*** Opening Input for this task ***

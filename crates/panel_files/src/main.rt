// Reads many files on standard input, each behind two bytes that tell its length, the low one first, and prints of each what panel_open prints.
// `stdin` and `stdout` are such files, whole and damaged, and what the oracle prints of them: `oracle/target/release/oracle sample files
// crates/panel_files` makes both again.
#![tactic(auto)]

ghost use Rattle.std.specs.Prelude.{◌≡◌, ◌+◌, ◌*◌, ◌<◌, length};
ghost use Rattle.panel_files.specs.Frames.{Answers};

use shown::show;
use std::io::{Read, Write};
use std::process::ExitCode;
use streams::{Output, Streams, ended, fill, standard, write_block};

// A file, as far as the input has it: its length, whether the input ended before its end, and whether a read failed.
#[derive(Clone, Copy)]
pub struct Frame {
    pub length: usize,
    pub ended: bool,
    pub failed: bool,
}

// The length that two bytes tell.
fn length_of(low: u8, high: u8) -> usize
    ensures { (result ≡ low + 256 * high) × (result < 65536) }
{
    low as usize + 256 * high as usize
}

// The next file.
fn read_frame<R: Read, W, E: Write>(
    streams: &mut Streams<R, W, E>,
    head: &mut [u8],
    held: &mut [u8],
) -> Frame
    requires pair { 2 ≡ length head.old }
    requires long { 65536 ≡ length held.old }
    ensures { result.length < 65536 }
{
    let h = fill(streams, head);
    if h.failed | (h.count < 2) {
        return Frame {
            length: 0,
            ended: true,
            failed: h.failed,
        };
    }
    let length = length_of(head[0], head[1]);
    let f = fill(streams, &mut held[..length]);
    Frame {
        length,
        ended: f.count < length,
        failed: f.failed,
    }
}

// What is printed of each file. A proved loop has to end, and nothing says that the input does: it reads at most a number of files
// that no input uses up.
fn answer_all<R: Read, W: Write, E: Write>(
    streams: &mut Streams<R, W, E>,
    head: &mut [u8],
    held: &mut [u8],
    out: &mut [u8],
) -> Output
    requires pair { 2 ≡ length head.old }
    requires long { 65536 ≡ length held.old }
    requires room { 65536 ≡ length out.old }
    ensures { Answers result }
{
    let mut sum: u32 = 0;
    for _ in 0..u64::MAX {
        let f = read_frame(streams, head, held);
        if f.failed | f.ended {
            return Output {
                sum,
                failed: f.failed,
            };
        }
        let n = f.length;
        let k = show(&held[..n], out);
        let o = write_block(streams, sum, &out[..k]);
        sum = o.sum;
        if o.failed {
            return o;
        }
    }
    Output { sum, failed: false }
}

fn main(rt: HostRuntime) -> ExitCode {
    let mut streams = standard(&rt);
    let mut head = [0u8; 2];
    let mut held = [0u8; 65536];
    let mut out = [0u8; 65536];
    let o = answer_all(&mut streams, &mut head, &mut held, &mut out);
    ended(o.failed)
}
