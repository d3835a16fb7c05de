// How far a table is filled.
ghost use Rattle.std.specs.Prelude.{◌≡◌, ◌<◌, ◌-◌, ◌^◌};
ghost use Rattle.sketch.specs.Sketches.{has_room, row_for, more_of, count_after};

// With how many rows that count, and with how many in all; and whether the table's count was told outright.
#[derive(Clone, Copy, PartialEq, Eq)]
pub struct Filled {
    pub counted: usize,
    pub used: usize,
    pub told: bool,
}

impl Filled {
    // Whether a table of n rows has one left.
    pub fn has_room(self, n: usize) -> bool
        ensures { result ≡ has_room n self }
    {
        self.counted < n && self.used < n
    }

    // Where the next row goes.
    pub fn row_for(self, behind: bool) -> usize
        ensures { result ≡ row_for self behind }
    {
        if behind { self.used } else { self.counted }
    }

    // With one row more.
    pub(crate) fn more(self, behind: bool) -> Filled
        requires { (self.counted < 2 ^ 64 - 1) × (self.used < 2 ^ 64 - 1) }
        ensures { result ≡ more_of self behind }
    {
        Filled {
            counted: if behind {
                self.counted
            } else {
                self.counted + 1
            },
            used: self.used + 1,
            told: self.told,
        }
    }

    // The count of a table, where it was `old`.
    pub fn count_after(self, old: usize) -> usize
        ensures { result ≡ count_after self old }
    {
        if self.told { old } else { self.counted }
    }
}
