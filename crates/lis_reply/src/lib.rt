//! The bytes of replies, shown on a station.
#![tactic(auto)]

ghost use Rattle.std.specs.Prelude.{◌≡◌, ◌+◌, ◌≤◌, ◌∷◌, ◌++◌, length, decimal};
ghost use Rattle.lis_ports.specs.Since.{IsShowRun};
ghost use Rattle.lis_model.specs.Replies.{line, body_line, ok_line, refusal_line, number_line};

use arrayvec::ArrayVec;
use itoa::Buffer;
use lis_model::refusal::Refusal;
use lis_ports::{Failed, Station};

/// Shows all of the bytes. It fails with `Failed` only if the station counted a show fault; a prefix was shown then.
pub fn show_all<T: Station>(station: &mut T, bytes: &[u8]) -> Result<(), Failed>
    ensures { IsShowRun (T.meaning station.old) (T.meaning station.new) bytes.now result }
{
    let mut place = 0;
    while place < bytes.len() {
        let (_, left) = bytes.split_at(place);
        let count = station.show(left)?;
        place += count;
    }
    Ok(())
}

/// The longest text of a line that is shown in one call.
const MAX_TEXT: usize = 1_100;

/// The longest prefix, before the blank, of such a line.
const MAX_FRONT: usize = 60;

fn line_of(front: &[u8], text: &[u8]) -> ArrayVec<u8, 1168>
    requires { length front.now + length text.now ≤ MAX_TEXT + 66 }
    ensures { result.items ≡ line (front.now ++ 32 ∷ text.now) }
{
    let mut line = ArrayVec::new();
    line.try_extend_from_slice(front).unwrap();
    line.push(b' ');
    line.try_extend_from_slice(text).unwrap();
    line.push(b'\n');
    line
}

fn show_long<T: Station>(station: &mut T, front: &[u8], text: &[u8]) -> Result<(), Failed>
    ensures { IsShowRun (T.meaning station.old) (T.meaning station.new) (line (front.now ++ 32 ∷ text.now)) result }
{
    show_all(station, front)?;
    show_all(station, b" ")?;
    show_all(station, text)?;
    show_all(station, b"\n")
}

// It makes one call if the line is short enough to be put together first.
fn show_spaced<T: Station>(station: &mut T, front: &[u8], text: &[u8]) -> Result<(), Failed>
    ensures { IsShowRun (T.meaning station.old) (T.meaning station.new) (line (front.now ++ 32 ∷ text.now)) result }
{
    if front.len() > MAX_FRONT {
        return show_long(station, front, text);
    }
    if text.len() > MAX_TEXT {
        return show_long(station, front, text);
    }
    let line = line_of(front, text);
    show_all(station, line.as_slice())
}

/// Shows a body line: the letter, a blank, the bytes and a line feed.
pub fn show_line<T: Station>(station: &mut T, letter: u8, bytes: &[u8]) -> Result<(), Failed>
    ensures { IsShowRun (T.meaning station.old) (T.meaning station.new) (body_line letter bytes.now) result }
{
    show_spaced(station, &[letter], bytes)
}

/// Shows a label, a blank, the number in decimal and a line feed.
pub fn show_number<T: Station>(station: &mut T, label: &[u8], n: u64) -> Result<(), Failed>
    ensures { IsShowRun (T.meaning station.old) (T.meaning station.new) (number_line label.now n) result }
{
    let mut buffer = Buffer::new();
    show_spaced(station, label, buffer.format(n).as_bytes())
}

/// Shows the line `ok`.
pub fn show_ok<T: Station>(station: &mut T) -> Result<(), Failed>
    ensures { IsShowRun (T.meaning station.old) (T.meaning station.new) ok_line result }
{
    show_all(station, b"ok\n")
}

fn refusal_text(refusal: &Refusal) -> &'static [u8]
    ensures { result.now ≡ refusal_line refusal.now }
{
    match refusal {
        Refusal::BadLine => b"no 01 bad line\n",
        Refusal::LongLine => b"no 02 long line\n",
        Refusal::CutPayload => b"no 03 cut payload\n",
        Refusal::PayloadEnd => b"no 04 payload end\n",
        Refusal::BadFormula => b"no 05 formula\n",
        Refusal::UnknownProperty => b"no 06 unknown property\n",
        Refusal::LargeFormula => b"no 07 formula too large\n",
        Refusal::NotAPlace => b"no 08 not a place\n",
        Refusal::NameTaken => b"no 09 name taken\n",
        Refusal::NoFileHere => b"no 10 no such file here\n",
        Refusal::AlreadyDeclared => b"no 11 already declared\n",
        Refusal::NotDeclared => b"no 12 not declared\n",
        Refusal::InUse => b"no 13 in use\n",
        Refusal::NotAssignable => b"no 14 not assignable\n",
        Refusal::Cycle => b"no 15 cycle\n",
        Refusal::AxiomThere => b"no 16 axiom there\n",
        Refusal::NoAxiom => b"no 17 no such axiom\n",
        Refusal::TooManyAssigned => b"no 18 too many assigned\n",
        Refusal::LargeDescription => b"no 19 description too large\n",
        Refusal::LargeFile => b"no 20 file too large\n",
        Refusal::NoFileRoom => b"no 21 no file room\n",
        Refusal::NoPropertyRoom => b"no 22 no property room\n",
        Refusal::NoAxiomRoom => b"no 23 no axiom room\n",
        Refusal::NoSpace => b"no 24 no space\n",
        Refusal::BuiltIn => b"no 25 built-in attribute\n",
    }
}

/// Shows the line of a refusal: `no`, its number in two digits, and its words.
pub fn show_refusal<T: Station>(station: &mut T, refusal: &Refusal) -> Result<(), Failed>
    ensures { IsShowRun (T.meaning station.old) (T.meaning station.new) (refusal_line refusal.now) result }
{
    show_all(station, refusal_text(refusal))
}
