//! What C is told of a step besides its code.

ghost use Rattle.std.specs.Prelude.{◌≡◌, slice_get, unwrap_or, length, min};
ghost use Rattle.nvmesgl_c.specs.Answers as answers;

use controller_walk::WalkState;
use entry_codec::{Hints, Status};
use machine_model::words::{OpenRefusal, Reaped, Refusal, RejectedFor};
use page_memory::PageNo;

/// What a call tells besides its code. A field that the call has nothing to say in is 0.
#[repr(C)]
#[derive(Clone, Copy)]
pub struct Answer {
    /// Of a walk how the list stands: 1 it goes on, 2 its end, 3 a fault, whose status is told. Of a reap what was found: 4 nothing, 5 a
    /// command of an I/O queue has ended, 6 one of queue 0 has, 7 to 9 a completion that was rejected for its queue, its head or its identifier. Of a
    /// call that serves: 10 there is more to do. Of a whole command that was not carried to its end: 11 it is outstanding.
    pub state: u32,
    /// The command specific double word of a completion of queue 0.
    pub dw0: u32,
    /// How many pages are needed, where too few are free.
    pub need: u32,
    /// How many pages are free, where too few are.
    pub free: u32,
    /// How many data pages a reserved command has.
    pub data_pages: u32,
    /// How many chain pages a reserved command has.
    pub chain_pages: u32,
    /// How many bytes were gathered, or would be.
    pub bytes: usize,
    /// The first pages that a step of the controller touched, in order, a page as often as it was touched.
    pub touched: [u32; 4],
    /// How many of them there are.
    pub touched_count: u32,
    /// The identifier that was reserved, fetched, sent or reaped.
    pub cid: u16,
    /// The status code type.
    pub sct: u8,
    /// The status code.
    pub sc: u8,
    /// How many commands a call that serves completed.
    pub count: u32,
    /// The retry delay that was hinted at of a command that was collected.
    pub retry_delay: u8,
    /// Whether there is more on it in the controller's log.
    pub more: bool,
    /// Whether it is expected to fail again.
    pub do_not_retry: bool,
    /// Zeros.
    pub reserved: [u8; 9],
    /// The tag of a host's command of an I/O queue that was reaped or collected.
    pub tag: u64,
}

/// Nothing.
pub fn nothing() -> Answer
    ensures { result ≡ answers.nothing }
{
    Answer {
        state: 0,
        dw0: 0,
        need: 0,
        free: 0,
        data_pages: 0,
        chain_pages: 0,
        bytes: 0,
        touched: [0; 4],
        touched_count: 0,
        cid: 0,
        sct: 0,
        sc: 0,
        count: 0,
        retry_delay: 0,
        more: false,
        do_not_retry: false,
        reserved: [0; 9],
        tag: 0,
    }
}

/// The number of the page at a position in a list, or 0 after its end.
fn page_at(pages: &[PageNo], place: usize) -> u32
    ensures { result ≡ unwrap_or (slice_get pages.now place) 0 }
{
    match pages.get(place) {
        Some(page) => page.0,
        None => 0,
    }
}

/// These pages were touched.
pub fn touching(touched: &[PageNo]) -> Answer
    ensures { result ≡ answers.touching touched.now }
{
    Answer {
        touched: [
            page_at(touched, 0),
            page_at(touched, 1),
            page_at(touched, 2),
            page_at(touched, 3),
        ],
        touched_count: touched.len().min(4) as u32,
        ..nothing()
    }
}

/// A command ended so.
pub fn ended(status: Status) -> Answer
    ensures { result ≡ answers.ended status }
{
    Answer {
        sct: status.sct,
        sc: status.sc,
        ..nothing()
    }
}

/// A command was collected that ended so, with these hints.
pub fn collected(status: Status, hints: Hints) -> Answer
    ensures { result ≡ answers.collected status hints }
{
    Answer {
        retry_delay: hints.retry_delay,
        more: hints.more,
        do_not_retry: hints.do_not_retry,
        ..ended(status)
    }
}

/// How a walk stands, and the pages touched.
pub fn walked(state: WalkState, touched: &[PageNo]) -> Answer
    ensures { result ≡ answers.walked state touched.now }
{
    match state {
        WalkState::More => Answer {
            state: 1,
            ..touching(touched)
        },
        WalkState::End => Answer {
            state: 2,
            ..touching(touched)
        },
        WalkState::Fault(status) => Answer {
            state: 3,
            sct: status.sct,
            sc: status.sc,
            ..touching(touched)
        },
    }
}

/// Why a completion was rejected.
fn rejected(why: RejectedFor) -> Answer
    ensures { result ≡ answers.rejected why }
{
    let state = match why {
        RejectedFor::WrongQueue => 7,
        RejectedFor::BadHead => 8,
        RejectedFor::UnknownId => 9,
    };
    Answer { state, ..nothing() }
}

/// What a reap found.
pub fn reaped(what: Reaped) -> Answer
    ensures { result ≡ answers.reaped what }
{
    match what {
        Reaped::Empty => Answer {
            state: 4,
            ..nothing()
        },
        Reaped::Done { cid, status } => Answer {
            state: 5,
            cid,
            ..ended(status)
        },
        Reaped::AdminDone { cid, status, dw0 } => Answer {
            state: 6,
            cid,
            dw0,
            ..ended(status)
        },
        Reaped::Rejected(why) => rejected(why),
    }
}

/// The numbers of a refusal, and the pages touched before it.
pub fn refused(why: Refusal, touched: &[PageNo]) -> Answer
    ensures { result ≡ answers.refused why touched.now }
{
    match why {
        Refusal::NoPages { need, free } => Answer {
            need,
            free,
            ..touching(touched)
        },
        Refusal::NoRun { need } => Answer {
            need,
            ..touching(touched)
        },
        _ => touching(touched),
    }
}

/// The numbers of an opening that was refused.
pub fn not_opened(why: OpenRefusal) -> Answer
    ensures { result ≡ answers.not_opened why }
{
    match why {
        OpenRefusal::NoPages { need, free } => Answer {
            need,
            free,
            ..nothing()
        },
        OpenRefusal::BadConfig | OpenRefusal::Memory => nothing(),
    }
}
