//! Runs of threads: submitters with several jobs in flight, with refused jobs between, and over a pool so small that they wait; and gates, at
//! which two submitters meet, or which are closed.

use crate::jobs::{Asked, READ, Wanted, lists_of, see_ends};
use crate::looks::{counts, see};
use crate::part::{SMALL, USUAL};
use driver_threads::{Gate, GateClosed, JobRefusal, Point, RunFault, Server};
use entry_codec::Status;
use io_commands::Kind;
use session_scripts::desk::runs::{RunEnd, play, play_at};
use session_scripts::desk::two_submitters::{
    ON_ONE_QUEUE, is_as_wanted, two_lists, writes_and_reads,
};
use std::alloc::Global;
use std::process::Abort;
use std::sync::Wait;
use std::sync::atomic::{AtomicBool, AtomicU32, Ordering};
use std::thread;
use std::thread::Threads;
use step_core::Config;

/// One that is refused as it is reserved.
const NO_QUEUE: Asked = Asked {
    q: 2,
    end: Wanted::Refused(JobRefusal::NoQueue),
    entries: 0,
    ..READ
};

/// A Read of two blocks.
const READ_TWO: Asked = Asked {
    blocks: 2,
    end: Wanted::Done(Status::SUCCESS, 1_024),
    entries: 8 + 5,
    ..READ
};

/// A Write of a block that nobody reads.
const WRITE: Asked = Asked {
    kind: Kind::Write,
    slba: 40,
    byte: 1,
    brings: 1,
    end: Wanted::Done(Status::SUCCESS, 0),
    ..READ
};

/// A Compare of a block with zeros.
const COMPARE: Asked = Asked {
    kind: Kind::Compare,
    slba: 1,
    brings: 512,
    end: Wanted::Done(Status::SUCCESS, 0),
    ..READ
};

/// Reads and Compares of zeros and Writes that nobody reads. Those that are refused are so at their reservation, and as they are filled.
const MIXED: [Asked; 12] = [
    READ,
    READ_TWO,
    Asked {
        byte: 7,
        end: Wanted::Done(Status::COMPARE_FAILURE, 0),
        ..COMPARE
    },
    NO_QUEUE,
    Asked {
        blocks: 3,
        end: Wanted::Done(Status::SUCCESS, 1_536),
        entries: 8 + 7,
        ..READ
    },
    WRITE,
    Asked {
        brings: 513,
        end: Wanted::Refused(JobRefusal::WrongLength),
        entries: 2,
        ..WRITE
    },
    READ,
    COMPARE,
    READ_TWO,
    NO_QUEUE,
    NO_QUEUE,
];

/// A Write of three blocks that no other submitter has.
const WRITE_OWN: Asked = Asked {
    q: 1,
    kind: Kind::Write,
    slba: 0,
    apart: 3,
    blocks: 3,
    byte: 0,
    brings: 1_536,
    end: Wanted::Done(Status::SUCCESS, 0),
    entries: 8 + 7,
};

/// That Write, a Read of what it wrote, a Compare that finds it equal, and one that does not.
const WRITTEN: [Asked; 4] = [
    WRITE_OWN,
    Asked {
        kind: Kind::Read,
        brings: 0,
        end: Wanted::Done(Status::SUCCESS, 1_536),
        ..WRITE_OWN
    },
    Asked {
        kind: Kind::Compare,
        ..WRITE_OWN
    },
    Asked {
        kind: Kind::Compare,
        byte: 1,
        end: Wanted::Done(Status::COMPARE_FAILURE, 0),
        ..WRITE_OWN
    },
];

/// Submitters that do jobs this many times, each with at most this many in flight.
#[derive(Clone, Copy)]
struct Run {
    config: Config,
    submitters: u8,
    rounds: u8,
    depth: usize,
    asked: &'static [Asked],
}

/// One submitter, which has as many in flight as it may.
const ALONE: Run = Run {
    config: USUAL,
    submitters: 1,
    rounds: 4,
    depth: 1,
    asked: &MIXED,
};

const RUNS: [Run; 8] = [
    ALONE,
    Run { depth: 2, ..ALONE },
    Run { depth: 3, ..ALONE },
    Run { depth: 4, ..ALONE },
    Run { depth: 16, ..ALONE },
    Run {
        depth: 256,
        ..ALONE
    },
    Run {
        config: SMALL,
        submitters: 8,
        rounds: 10,
        depth: 4,
        asked: &MIXED,
    },
    Run {
        config: SMALL,
        submitters: 16,
        rounds: 5,
        depth: 16,
        asked: &MIXED,
    },
];

/// Submitters that wait for pages and for identifiers, each with blocks of its own.
const CROWD: Run = Run {
    config: SMALL,
    submitters: 16,
    rounds: 50,
    depth: 1,
    asked: &WRITTEN,
};

/// Counts how many commands of one submitter are in flight, and how many were at most.
#[derive(Drop)]
struct Counting {
    now: AtomicU32,
    most: AtomicU32,
}

impl Gate for Counting {
    fn at(&self, _worker: u16, point: Point) -> Result<(), GateClosed> {
        match point {
            Point::Reserved => {}
            Point::Submitted => {
                let now = self.now.fetch_add(1, Ordering::SeqCst).saturating_add(1);
                self.most.fetch_max(now, Ordering::SeqCst);
            }
            Point::Released => {
                self.now.fetch_sub(1, Ordering::SeqCst);
            }
        }
        Ok(())
    }
}

/// Sees what a run must leave, whatever the schedule. Waiting leaves no entry.
fn see_left<R: Abort>(rt: &R, outcome: &RunEnd, run: &Run) {
    see_ends(
        rt,
        outcome.jobs.as_slice(),
        run.asked,
        run.submitters,
        run.rounds,
    );
    let (mut commands, mut entries): (usize, usize) = (0, 0);
    for one in run.asked {
        let is_command = matches!(one.end, Wanted::Done(..));
        commands = commands.saturating_add(is_command.into());
        entries = entries.saturating_add(one.entries);
    }
    let times = usize::from(run.submitters).saturating_mul(run.rounds.into());
    let submissions = times.saturating_mul(commands) as u64;
    see(rt, &outcome.report.submissions, &submissions);
    see(rt, &outcome.entries, &times.saturating_mul(entries));
    see(rt, &outcome.refusals, &0);
    let free = run.config.pages.saturating_sub(4);
    see(rt, &outcome.report.counts, &counts(free, 4));
}

/// Does a run, where this one serves. A submitter alone has as many commands in flight as it may, and three at most, since there are no more identifiers.
fn see_run<R: Abort + Threads + Wait + Sync>(rt: &R, alloc: Global, run: &Run, server: Server) {
    let lists = lists_of(alloc, run.asked, run.submitters, run.rounds).expect(rt, "memory");
    assert!(rt; !lists.is_empty() && lists.len() <= 16);
    let depth = run.depth;
    assert!(rt; 1 <= depth && depth <= 256);
    let gate = Counting {
        now: AtomicU32::new(0),
        most: AtomicU32::new(0),
    };
    match play_at(rt, alloc, run.config, 64, lists, depth, server, &gate) {
        Ok(outcome) => see_left(rt, &outcome, run),
        Err(fault) => panic!(rt; "{fault}"),
    }
    if run.submitters == 1 {
        see(
            rt,
            &gate.most.load(Ordering::SeqCst),
            &(depth.min(3) as u32),
        );
    }
}

#[test]
fn submitters_with_jobs_in_flight(rt: HostRuntime) {
    for run in &RUNS {
        see_run(&rt, rt.alloc(), run, Server::Ringer);
        see_run(&rt, rt.alloc(), run, Server::Controller);
    }
}

#[test]
fn sixteen_submitters_wait_for_pages_and_identifiers(rt: HostRuntime) {
    see_run(&rt, rt.alloc(), &CROWD, Server::Ringer);
}

/// Holds the first job of each of two submitters at a point until the other is there.
#[derive(Drop)]
struct Meeting {
    point: Point,
    first: AtomicBool,
    second: AtomicBool,
}

impl Gate for Meeting {
    fn at(&self, worker: u16, point: Point) -> Result<(), GateClosed> {
        let (mine, other) = if worker == 0 {
            (&self.first, &self.second)
        } else {
            (&self.second, &self.first)
        };
        if point != self.point || mine.swap(true, Ordering::SeqCst) {
            return Ok(());
        }
        for _ in 0..10_000_000u32 {
            if other.load(Ordering::SeqCst) {
                return Ok(());
            }
            thread::yield_now();
        }
        Err(GateClosed)
    }
}

#[test]
fn two_submitters_meet(rt: HostRuntime) {
    let alloc = rt.alloc();
    for point in [Point::Reserved, Point::Submitted] {
        let gate = Meeting {
            point,
            first: AtomicBool::new(false),
            second: AtomicBool::new(false),
        };
        let lists = two_lists(alloc, ON_ONE_QUEUE).expect(&rt, "memory");
        match play(&rt, alloc, USUAL, 64, lists, &gate) {
            Ok(outcome) => assert!(&rt; is_as_wanted(&outcome)),
            Err(fault) => panic!(&rt; "{fault}"),
        }
    }
}

/// A gate that is closed to all workers but the first.
struct Closed;

impl Gate for Closed {
    fn at(&self, worker: u16, point: Point) -> Result<(), GateClosed> {
        if worker > 0 && point == Point::Released {
            Err(GateClosed)
        } else {
            Ok(())
        }
    }
}

#[test]
fn the_first_closed_gate_is_told(rt: HostRuntime) {
    let alloc = rt.alloc();
    let mut lists = two_lists(alloc, ON_ONE_QUEUE).expect(&rt, "memory");
    let third = writes_and_reads(alloc, 1, 16, 0).expect(&rt, "memory");
    assert!(&rt; lists.push(third).is_ok() && lists.len() == 3);
    match play(&rt, alloc, USUAL, 64, lists, &Closed) {
        Ok(_) => panic!(&rt; "it ended well"),
        Err(fault) => see(&rt, &fault, &RunFault::GateClosed { worker: 1 }),
    }
}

*** Closing Input for this task ***

◆ Your assignment:
Will you return exactly the lines above from the one with "result ≡ more_of" down to the one with "The count of", counting both as part of the range?

◆ Output:
        ensures { result ≡ more_of self behind }
    {
        Filled {
            counted: if behind {
                self.counted
            } else {
                self.counted + 1
            },
            used: self.used + 1,
            told: self.told,
        }
    }

    // The count of a table, where it was `old`.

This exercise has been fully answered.